* [About this exercise] Which of the lines below holds the string "IsNull"? Copy every line that does.

____

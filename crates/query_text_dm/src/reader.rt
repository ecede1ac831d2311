// Single tokens, names and values.
ghost use Rattle.std.specs.Prelude.{◌≡◌};
ghost use Rattle.grammar_dm.specs.Exits.{Gives};
ghost use Rattle.query_text_dm.specs.Words.{name_of, named, operator_of, some_name};
ghost use Rattle.query_text_dm.specs.Reading.{close_at, is_name, kind_at, name_at, names_at, open_at, operator_at, spelled_at, value_at};

use crate::operator::{Operator, operator_named};
use grammar_dm::ReadError;
use query_tokens_dm::{Placed, Token, kind_word};
use std::alloc::Global;
use value_dm::{Kind, Names, Sequence, Text, TryCopy, Value};

/// A value and the tokens behind it.
pub(crate) type Read<'a, V> = Result<(V, &'a [Placed]), ReadError<'a, Placed>>;

/// The tokens behind a part whose value has no effect.
pub(crate) type Skip<'a> = Result<&'a [Placed], ReadError<'a, Placed>>;

pub(crate) fn open(tokens: &[Placed]) -> Skip<'_>
    ensures { Gives (λ x. (tt, x.now)) result (open_at tokens.now) }
{
    match tokens {
        [first, rest @ ..] => match &first.token {
            Token::Open => Ok(rest),
            _ => Err(ReadError::At(tokens, false)),
        },
        [] => Err(ReadError::At(tokens, false)),
    }
}

pub(crate) fn close(tokens: &[Placed]) -> Skip<'_>
    ensures { Gives (λ x. (tt, x.now)) result (close_at tokens.now) }
{
    match tokens {
        [first, rest @ ..] => match &first.token {
            Token::Close => Ok(rest),
            _ => Err(ReadError::At(tokens, false)),
        },
        [] => Err(ReadError::At(tokens, false)),
    }
}

// The operator whose word the token is.
fn operator_of(token: &Token) -> Option<Operator>
    ensures { result ≡ operator_of token.now }
{
    match token {
        Token::Word(name) => operator_named(name),
        _ => None,
    }
}

pub(crate) fn operator(tokens: &[Placed]) -> Read<'_, Operator>
    ensures { Gives (λ x. (x.0, x.1.now)) result (operator_at tokens.now) }
{
    match tokens {
        [first, rest @ ..] => match operator_of(&first.token) {
            Some(operator) => Ok((operator, rest)),
            None => Err(ReadError::At(tokens, false)),
        },
        [] => Err(ReadError::At(tokens, false)),
    }
}

// The text as a name, which isn't empty.
fn some_name(text: &Text) -> Option<&Text>
    ensures { named result ≡ some_name text.now }
{
    if text.as_str().is_empty() {
        None
    } else {
        Some(text)
    }
}

// The name that the token is.
fn name_of(token: &Token) -> Option<&Text>
    ensures { named result ≡ name_of token.now }
{
    match token {
        Token::Word(name) | Token::Quoted(name) => some_name(name),
        _ => None,
    }
}

fn has_name(token: &Placed) -> bool
    ensures { result ≡ is_name token.now }
{
    name_of(&token.token).is_some()
}

pub(crate) fn name(alloc: Global, tokens: &[Placed]) -> Read<'_, Text>
    ensures { Gives (λ x. (x.0, x.1.now)) result (name_at tokens.now) }
{
    match tokens {
        [first, rest @ ..] => match name_of(&first.token) {
            Some(name) => Ok((name.copy(alloc)?, rest)),
            None => Err(ReadError::At(tokens, false)),
        },
        [] => Err(ReadError::At(tokens, false)),
    }
}

#[tactic(auto, using(crate::proofs::Loops::names_loop), unfolding(crate::specs::Reading::names_at))]
pub(crate) fn names(alloc: Global, tokens: &[Placed]) -> Read<'_, Names>
    ensures { Gives (λ x. (x.0, x.1.now)) result (names_at tokens.now) }
{
    let mut found = Sequence::new(alloc);
    let mut rest = tokens;
    'names: while let Some((first, _)) = rest.split_first() {
        if !has_name(first) {
            break;
        }
        let (next, after) = name(alloc, rest)?;
        found.push(next)?;
        rest = after;
    }
    Ok((found, rest))
}

fn kind(tokens: &[Placed]) -> Read<'_, Kind>
    ensures { Gives (λ x. (x.0, x.1.now)) result (kind_at tokens.now) }
{
    match tokens {
        [first, rest @ ..] => match kind_word(&first.token) {
            Some(kind) => Ok((kind, rest)),
            None => Err(ReadError::At(tokens, false)),
        },
        [] => Err(ReadError::At(tokens, false)),
    }
}

// The value that a quoted text spells behind the word of its kind.
fn spelled(alloc: Global, tokens: &[Placed]) -> Read<'_, Value>
    ensures { Gives (λ x. (x.0, x.1.now)) result (spelled_at tokens.now) }
{
    match tokens {
        [first, rest @ ..] => match &first.value {
            Some(value) => Ok((value.copy(alloc)?, rest)),
            None => Err(ReadError::At(tokens, false)),
        },
        [] => Err(ReadError::At(tokens, false)),
    }
}

#[tactic(auto, unfolding(crate::specs::Reading::value_at))]
pub(crate) fn value(alloc: Global, tokens: &[Placed]) -> Read<'_, Value>
    ensures { Gives (λ x. (x.0, x.1.now)) result (value_at tokens.now) }
{
    let (_, rest) = kind(tokens)?;
    spelled(alloc, rest)
}
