// What stands behind an operator, and whole queries.
ghost use Rattle.std.specs.Prelude.{◌≡◌, IfOk, length};
ghost use Rattle.grammar_dm.specs.Exits.{Gives, IsJudged};
ghost use Rattle.grammar_dm.specs.Reading.{all_of};
ghost use Rattle.query_text_dm.specs.Grammar.{query};
ghost use Rattle.query_text_dm.specs.Reading.{compared_at, diff_at, eq_at, inside_at, is_null_at, join_at, named_at, ne_at, not_null_at, null_at, operands_at, project_at, query_at, rename_at, table_at, two_at, union_at};

use crate::operator::Operator;
use crate::reader::{Read, close, name, names, open, operator, value};
use algebra_dm::Query;
use grammar_dm::ReadError;
use query_tokens_dm::Placed;
use sqlite_items::Boxed;
use std::alloc::{AllocError, Global};
use value_dm::{Text, Value};

fn boxed(alloc: Global, part: Query) -> Result<Boxed<Query>, AllocError>
    ensures { IfOk result (λ made. made ≡ part) }
{
    Boxed::new(alloc, part)
}

#[tactic(auto, unfolding(crate::specs::Reading::table_at))]
fn table(alloc: Global, tokens: &[Placed]) -> Read<'_, Query>
    ensures { Gives (λ x. (x.0, x.1.now)) result (table_at tokens.now) }
{
    let (name, rest) = name(alloc, tokens)?;
    Ok((Query::Table(name), rest))
}

#[tactic(auto, unfolding(crate::specs::Reading::null_at))]
fn null(alloc: Global, tokens: &[Placed]) -> Read<'_, Query>
    ensures { Gives (λ x. (x.0, x.1.now)) result (null_at tokens.now) }
{
    let (name, rest) = name(alloc, tokens)?;
    Ok((Query::Null(name), rest))
}

// A part, and an attribute and a value that it is compared with.
#[cycle(query)]
#[tactic(auto, unfolding(crate::specs::Reading::compared_at))]
fn compared(alloc: Global, levels: usize, tokens: &[Placed]) -> Read<'_, (Query, Text, Value)>
    ensures { Gives (λ x. ((x.0.0, x.0.1, x.0.2), x.1.now)) result (compared_at (query_at levels) tokens.now) }
{
    let (part, rest) = query(alloc, levels, tokens)?;
    let (name, rest) = name(alloc, rest)?;
    let (value, rest) = value(alloc, rest)?;
    Ok(((part, name, value), rest))
}

#[cycle(query)]
#[tactic(auto, unfolding(crate::specs::Reading::eq_at))]
fn eq(alloc: Global, levels: usize, tokens: &[Placed]) -> Read<'_, Query>
    ensures { Gives (λ x. (x.0, x.1.now)) result (eq_at (query_at levels) tokens.now) }
{
    let ((part, name, value), rest) = compared(alloc, levels, tokens)?;
    Ok((Query::Eq(boxed(alloc, part)?, name, value), rest))
}

#[cycle(query)]
#[tactic(auto, unfolding(crate::specs::Reading::ne_at))]
fn ne(alloc: Global, levels: usize, tokens: &[Placed]) -> Read<'_, Query>
    ensures { Gives (λ x. (x.0, x.1.now)) result (ne_at (query_at levels) tokens.now) }
{
    let ((part, name, value), rest) = compared(alloc, levels, tokens)?;
    Ok((Query::Ne(boxed(alloc, part)?, name, value), rest))
}

// A part and an attribute.
#[cycle(query)]
#[tactic(auto, unfolding(crate::specs::Reading::named_at))]
fn named(alloc: Global, levels: usize, tokens: &[Placed]) -> Read<'_, (Query, Text)>
    ensures { Gives (λ x. ((x.0.0, x.0.1), x.1.now)) result (named_at (query_at levels) tokens.now) }
{
    let (part, rest) = query(alloc, levels, tokens)?;
    let (name, rest) = name(alloc, rest)?;
    Ok(((part, name), rest))
}

#[cycle(query)]
#[tactic(auto, unfolding(crate::specs::Reading::is_null_at))]
fn is_null(alloc: Global, levels: usize, tokens: &[Placed]) -> Read<'_, Query>
    ensures { Gives (λ x. (x.0, x.1.now)) result (is_null_at (query_at levels) tokens.now) }
{
    let ((part, name), rest) = named(alloc, levels, tokens)?;
    Ok((Query::IsNull(boxed(alloc, part)?, name), rest))
}

#[cycle(query)]
#[tactic(auto, unfolding(crate::specs::Reading::not_null_at))]
fn not_null(alloc: Global, levels: usize, tokens: &[Placed]) -> Read<'_, Query>
    ensures { Gives (λ x. (x.0, x.1.now)) result (not_null_at (query_at levels) tokens.now) }
{
    let ((part, name), rest) = named(alloc, levels, tokens)?;
    Ok((Query::NotNull(boxed(alloc, part)?, name), rest))
}

#[cycle(query)]
#[tactic(auto, unfolding(crate::specs::Reading::project_at))]
fn project(alloc: Global, levels: usize, tokens: &[Placed]) -> Read<'_, Query>
    ensures { Gives (λ x. (x.0, x.1.now)) result (project_at (query_at levels) tokens.now) }
{
    let (part, rest) = query(alloc, levels, tokens)?;
    let (names, rest) = names(alloc, rest)?;
    Ok((Query::Project(boxed(alloc, part)?, names), rest))
}

#[cycle(query)]
#[tactic(auto, unfolding(crate::specs::Reading::rename_at))]
fn rename(alloc: Global, levels: usize, tokens: &[Placed]) -> Read<'_, Query>
    ensures { Gives (λ x. (x.0, x.1.now)) result (rename_at (query_at levels) tokens.now) }
{
    let ((part, from), rest) = named(alloc, levels, tokens)?;
    let (to, rest) = name(alloc, rest)?;
    Ok((Query::Rename(boxed(alloc, part)?, from, to), rest))
}

// Two parts.
#[cycle(query)]
#[tactic(auto, unfolding(crate::specs::Reading::two_at))]
fn two(alloc: Global, levels: usize, tokens: &[Placed]) -> Read<'_, (Query, Query)>
    ensures { Gives (λ x. ((x.0.0, x.0.1), x.1.now)) result (two_at (query_at levels) tokens.now) }
{
    let (left, rest) = query(alloc, levels, tokens)?;
    let (right, rest) = query(alloc, levels, rest)?;
    Ok(((left, right), rest))
}

#[cycle(query)]
#[tactic(auto, unfolding(crate::specs::Reading::join_at))]
fn join(alloc: Global, levels: usize, tokens: &[Placed]) -> Read<'_, Query>
    ensures { Gives (λ x. (x.0, x.1.now)) result (join_at (query_at levels) tokens.now) }
{
    let ((left, right), rest) = two(alloc, levels, tokens)?;
    Ok((Query::Join(boxed(alloc, left)?, boxed(alloc, right)?), rest))
}

#[cycle(query)]
#[tactic(auto, unfolding(crate::specs::Reading::union_at))]
fn union(alloc: Global, levels: usize, tokens: &[Placed]) -> Read<'_, Query>
    ensures { Gives (λ x. (x.0, x.1.now)) result (union_at (query_at levels) tokens.now) }
{
    let ((left, right), rest) = two(alloc, levels, tokens)?;
    Ok((
        Query::Union(boxed(alloc, left)?, boxed(alloc, right)?),
        rest,
    ))
}

#[cycle(query)]
#[tactic(auto, unfolding(crate::specs::Reading::diff_at))]
fn diff(alloc: Global, levels: usize, tokens: &[Placed]) -> Read<'_, Query>
    ensures { Gives (λ x. (x.0, x.1.now)) result (diff_at (query_at levels) tokens.now) }
{
    let ((left, right), rest) = two(alloc, levels, tokens)?;
    Ok((Query::Diff(boxed(alloc, left)?, boxed(alloc, right)?), rest))
}

// What stands behind the operator.
#[cycle(query)]
fn operands(alloc: Global, levels: usize, operator: Operator, tokens: &[Placed]) -> Read<'_, Query>
    ensures { Gives (λ x. (x.0, x.1.now)) result (operands_at operator (query_at levels) tokens.now) }
{
    match operator {
        Operator::Table => table(alloc, tokens),
        Operator::Null => null(alloc, tokens),
        Operator::Eq => eq(alloc, levels, tokens),
        Operator::Ne => ne(alloc, levels, tokens),
        Operator::IsNull => is_null(alloc, levels, tokens),
        Operator::NotNull => not_null(alloc, levels, tokens),
        Operator::Project => project(alloc, levels, tokens),
        Operator::Rename => rename(alloc, levels, tokens),
        Operator::Join => join(alloc, levels, tokens),
        Operator::Union => union(alloc, levels, tokens),
        Operator::Diff => diff(alloc, levels, tokens),
    }
}

// A query without its opening parenthesis.
#[cycle(query)]
#[tactic(auto, unfolding(crate::specs::Reading::inside_at))]
fn inside(alloc: Global, levels: usize, tokens: &[Placed]) -> Read<'_, Query>
    ensures { Gives (λ x. (x.0, x.1.now)) result (inside_at (query_at levels) tokens.now) }
{
    let (operator, rest) = operator(tokens)?;
    let (found, rest) = operands(alloc, levels, operator, rest)?;
    let rest = close(rest)?;
    Ok((found, rest))
}

// A query of so many levels at most.
#[cycle(query)]
fn query(alloc: Global, levels: usize, tokens: &[Placed]) -> Read<'_, Query>
    ensures { Gives (λ x. (x.0, x.1.now)) result (query_at levels tokens.now) }
{
    if levels == 0 {
        return Err(ReadError::At(tokens, false));
    }
    let rest = open(tokens)?;
    inside(alloc, levels - 1, rest)
}

fn all(alloc: Global, tokens: &[Placed]) -> Result<Query, ReadError<'_, Placed>>
    ensures { Gives (λ x. x) result (all_of (query_at (length tokens.now) tokens.now)) }
{
    let (found, rest) = query(alloc, tokens.len(), tokens)?;
    if !rest.is_empty() {
        return Err(ReadError::At(rest, false));
    }
    Ok(found)
}

/// The query that the tokens are, or else their first fault.
pub(crate) fn parse(alloc: Global, tokens: &[Placed]) -> Result<Query, ReadError<'_, Placed>>
    ensures { IsJudged query tokens.now result }
{
    all(alloc, tokens)
}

____

* [Exercise result]
    Ok((Query::IsNull(boxed(alloc, part)?, name), rest))
        Operator::IsNull => is_null(alloc, levels, tokens),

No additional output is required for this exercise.